**Your assignment:**
Among the entries below, please repeat exactly and only the lines from the line containing "assert_eq!(rt; outline.as_slice(), expected.as_slice());" to the line containing "IsWellFormed (plain_option tree.now)", both lines included.

**Given entries:**
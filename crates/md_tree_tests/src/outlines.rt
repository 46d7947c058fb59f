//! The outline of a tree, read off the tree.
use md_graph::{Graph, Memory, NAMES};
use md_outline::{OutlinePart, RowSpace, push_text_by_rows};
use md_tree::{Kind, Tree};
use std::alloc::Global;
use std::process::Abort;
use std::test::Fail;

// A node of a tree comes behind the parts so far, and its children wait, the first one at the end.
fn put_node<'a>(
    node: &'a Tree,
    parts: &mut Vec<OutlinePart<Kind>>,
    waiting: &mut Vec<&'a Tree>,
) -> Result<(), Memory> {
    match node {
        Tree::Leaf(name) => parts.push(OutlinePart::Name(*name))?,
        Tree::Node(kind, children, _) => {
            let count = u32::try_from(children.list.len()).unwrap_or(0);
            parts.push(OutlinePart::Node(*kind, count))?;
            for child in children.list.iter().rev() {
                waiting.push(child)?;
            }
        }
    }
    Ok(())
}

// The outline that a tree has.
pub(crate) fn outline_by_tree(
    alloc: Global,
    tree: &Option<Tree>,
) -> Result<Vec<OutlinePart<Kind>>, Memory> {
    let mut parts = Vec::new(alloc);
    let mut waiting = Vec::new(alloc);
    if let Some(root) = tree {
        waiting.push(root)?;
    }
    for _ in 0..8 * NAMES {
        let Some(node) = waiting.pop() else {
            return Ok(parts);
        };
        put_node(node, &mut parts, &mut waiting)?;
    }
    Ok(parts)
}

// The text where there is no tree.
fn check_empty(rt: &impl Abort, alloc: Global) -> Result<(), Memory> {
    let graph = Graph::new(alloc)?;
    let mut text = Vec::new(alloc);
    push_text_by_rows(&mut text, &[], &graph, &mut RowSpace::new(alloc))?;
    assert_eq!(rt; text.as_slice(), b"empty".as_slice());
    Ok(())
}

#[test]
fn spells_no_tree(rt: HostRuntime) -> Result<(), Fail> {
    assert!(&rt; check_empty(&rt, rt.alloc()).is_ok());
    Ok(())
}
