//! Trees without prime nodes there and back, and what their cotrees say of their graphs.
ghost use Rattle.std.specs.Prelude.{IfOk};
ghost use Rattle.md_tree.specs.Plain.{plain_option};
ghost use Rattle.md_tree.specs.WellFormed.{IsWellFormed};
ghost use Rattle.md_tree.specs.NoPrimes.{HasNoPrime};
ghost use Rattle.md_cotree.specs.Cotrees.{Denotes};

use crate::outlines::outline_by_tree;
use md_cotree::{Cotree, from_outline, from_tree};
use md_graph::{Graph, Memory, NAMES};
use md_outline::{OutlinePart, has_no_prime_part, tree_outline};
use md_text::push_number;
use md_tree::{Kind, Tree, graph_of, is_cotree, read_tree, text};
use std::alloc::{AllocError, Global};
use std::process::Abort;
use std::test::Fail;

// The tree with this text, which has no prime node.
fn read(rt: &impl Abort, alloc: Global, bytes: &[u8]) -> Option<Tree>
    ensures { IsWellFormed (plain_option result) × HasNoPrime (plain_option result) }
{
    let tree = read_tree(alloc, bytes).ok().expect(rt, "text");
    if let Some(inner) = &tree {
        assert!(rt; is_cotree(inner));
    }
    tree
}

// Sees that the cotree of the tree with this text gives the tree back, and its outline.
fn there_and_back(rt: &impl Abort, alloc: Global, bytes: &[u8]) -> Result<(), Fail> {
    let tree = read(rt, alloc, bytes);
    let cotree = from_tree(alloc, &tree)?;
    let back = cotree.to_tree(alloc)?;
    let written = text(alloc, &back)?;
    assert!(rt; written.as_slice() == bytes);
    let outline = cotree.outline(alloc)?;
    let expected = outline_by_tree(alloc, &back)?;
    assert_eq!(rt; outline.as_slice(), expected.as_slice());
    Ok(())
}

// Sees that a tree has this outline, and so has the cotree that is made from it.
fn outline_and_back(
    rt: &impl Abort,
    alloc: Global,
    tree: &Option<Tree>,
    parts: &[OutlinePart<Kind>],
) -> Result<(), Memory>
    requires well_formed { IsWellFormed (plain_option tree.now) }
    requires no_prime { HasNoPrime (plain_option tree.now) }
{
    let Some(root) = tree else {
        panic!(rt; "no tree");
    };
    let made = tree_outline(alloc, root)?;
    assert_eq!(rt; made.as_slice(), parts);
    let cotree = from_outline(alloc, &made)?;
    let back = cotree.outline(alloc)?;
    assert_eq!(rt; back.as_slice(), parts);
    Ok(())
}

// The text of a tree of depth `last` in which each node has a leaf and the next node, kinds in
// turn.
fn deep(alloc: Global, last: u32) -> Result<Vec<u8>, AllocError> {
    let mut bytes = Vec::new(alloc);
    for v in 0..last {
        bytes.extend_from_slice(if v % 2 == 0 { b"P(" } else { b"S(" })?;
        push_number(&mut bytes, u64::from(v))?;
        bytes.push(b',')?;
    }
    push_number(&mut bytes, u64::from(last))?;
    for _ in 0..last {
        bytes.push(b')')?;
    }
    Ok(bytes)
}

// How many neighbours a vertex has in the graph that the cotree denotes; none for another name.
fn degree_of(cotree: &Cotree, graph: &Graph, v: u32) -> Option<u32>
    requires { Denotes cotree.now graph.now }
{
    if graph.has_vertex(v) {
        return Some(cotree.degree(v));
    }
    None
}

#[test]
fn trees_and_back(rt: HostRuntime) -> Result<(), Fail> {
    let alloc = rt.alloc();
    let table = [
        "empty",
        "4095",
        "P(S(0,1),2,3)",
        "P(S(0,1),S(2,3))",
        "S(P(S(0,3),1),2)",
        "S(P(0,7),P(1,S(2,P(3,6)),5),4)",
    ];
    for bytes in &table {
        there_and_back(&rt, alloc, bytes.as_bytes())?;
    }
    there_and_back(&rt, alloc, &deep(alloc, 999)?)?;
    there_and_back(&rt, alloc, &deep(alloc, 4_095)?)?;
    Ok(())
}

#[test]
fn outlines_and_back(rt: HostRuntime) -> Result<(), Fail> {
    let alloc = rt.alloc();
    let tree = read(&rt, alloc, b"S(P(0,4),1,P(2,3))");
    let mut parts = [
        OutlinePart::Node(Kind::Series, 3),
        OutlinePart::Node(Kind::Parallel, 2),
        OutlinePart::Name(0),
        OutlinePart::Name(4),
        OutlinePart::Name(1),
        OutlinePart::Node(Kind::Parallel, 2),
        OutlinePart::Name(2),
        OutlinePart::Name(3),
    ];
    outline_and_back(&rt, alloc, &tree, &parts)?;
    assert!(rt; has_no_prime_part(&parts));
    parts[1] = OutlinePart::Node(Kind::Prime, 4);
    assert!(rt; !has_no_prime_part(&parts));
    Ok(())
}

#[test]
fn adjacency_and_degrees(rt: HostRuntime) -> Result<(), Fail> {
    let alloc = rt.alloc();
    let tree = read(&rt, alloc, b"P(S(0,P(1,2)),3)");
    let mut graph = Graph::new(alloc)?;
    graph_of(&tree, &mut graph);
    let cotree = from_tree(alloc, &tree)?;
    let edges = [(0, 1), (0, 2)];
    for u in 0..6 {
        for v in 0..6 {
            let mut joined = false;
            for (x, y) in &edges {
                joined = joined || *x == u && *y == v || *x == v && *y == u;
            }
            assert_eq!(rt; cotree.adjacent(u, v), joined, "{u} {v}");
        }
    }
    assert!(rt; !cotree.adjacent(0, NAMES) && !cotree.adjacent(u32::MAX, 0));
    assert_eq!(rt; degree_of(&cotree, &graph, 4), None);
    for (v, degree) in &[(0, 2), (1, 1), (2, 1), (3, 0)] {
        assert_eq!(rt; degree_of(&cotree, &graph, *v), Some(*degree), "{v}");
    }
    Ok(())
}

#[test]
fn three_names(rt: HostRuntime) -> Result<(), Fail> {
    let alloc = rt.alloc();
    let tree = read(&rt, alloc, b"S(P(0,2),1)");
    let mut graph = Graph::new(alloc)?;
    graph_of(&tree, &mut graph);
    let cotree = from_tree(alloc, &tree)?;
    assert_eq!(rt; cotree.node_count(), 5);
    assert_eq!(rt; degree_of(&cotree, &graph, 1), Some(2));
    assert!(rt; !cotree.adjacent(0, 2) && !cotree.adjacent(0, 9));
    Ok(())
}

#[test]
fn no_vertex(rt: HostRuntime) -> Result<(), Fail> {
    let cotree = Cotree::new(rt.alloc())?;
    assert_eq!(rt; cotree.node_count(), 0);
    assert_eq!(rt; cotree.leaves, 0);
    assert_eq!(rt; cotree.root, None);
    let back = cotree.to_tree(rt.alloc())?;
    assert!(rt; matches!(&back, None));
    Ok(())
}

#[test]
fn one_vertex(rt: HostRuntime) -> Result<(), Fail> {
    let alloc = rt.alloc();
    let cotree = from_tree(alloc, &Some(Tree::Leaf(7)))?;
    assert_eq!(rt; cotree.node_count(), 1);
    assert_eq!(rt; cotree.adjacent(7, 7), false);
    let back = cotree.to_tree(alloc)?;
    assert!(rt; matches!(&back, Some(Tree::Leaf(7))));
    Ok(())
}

**Answer:**
    assert_eq!(rt; outline.as_slice(), expected.as_slice());
    Ok(())
}

// Sees that a tree has this outline, and so has the cotree that is made from it.
fn outline_and_back(
    rt: &impl Abort,
    alloc: Global,
    tree: &Option<Tree>,
    parts: &[OutlinePart<Kind>],
) -> Result<(), Memory>
    requires well_formed { IsWellFormed (plain_option tree.now) }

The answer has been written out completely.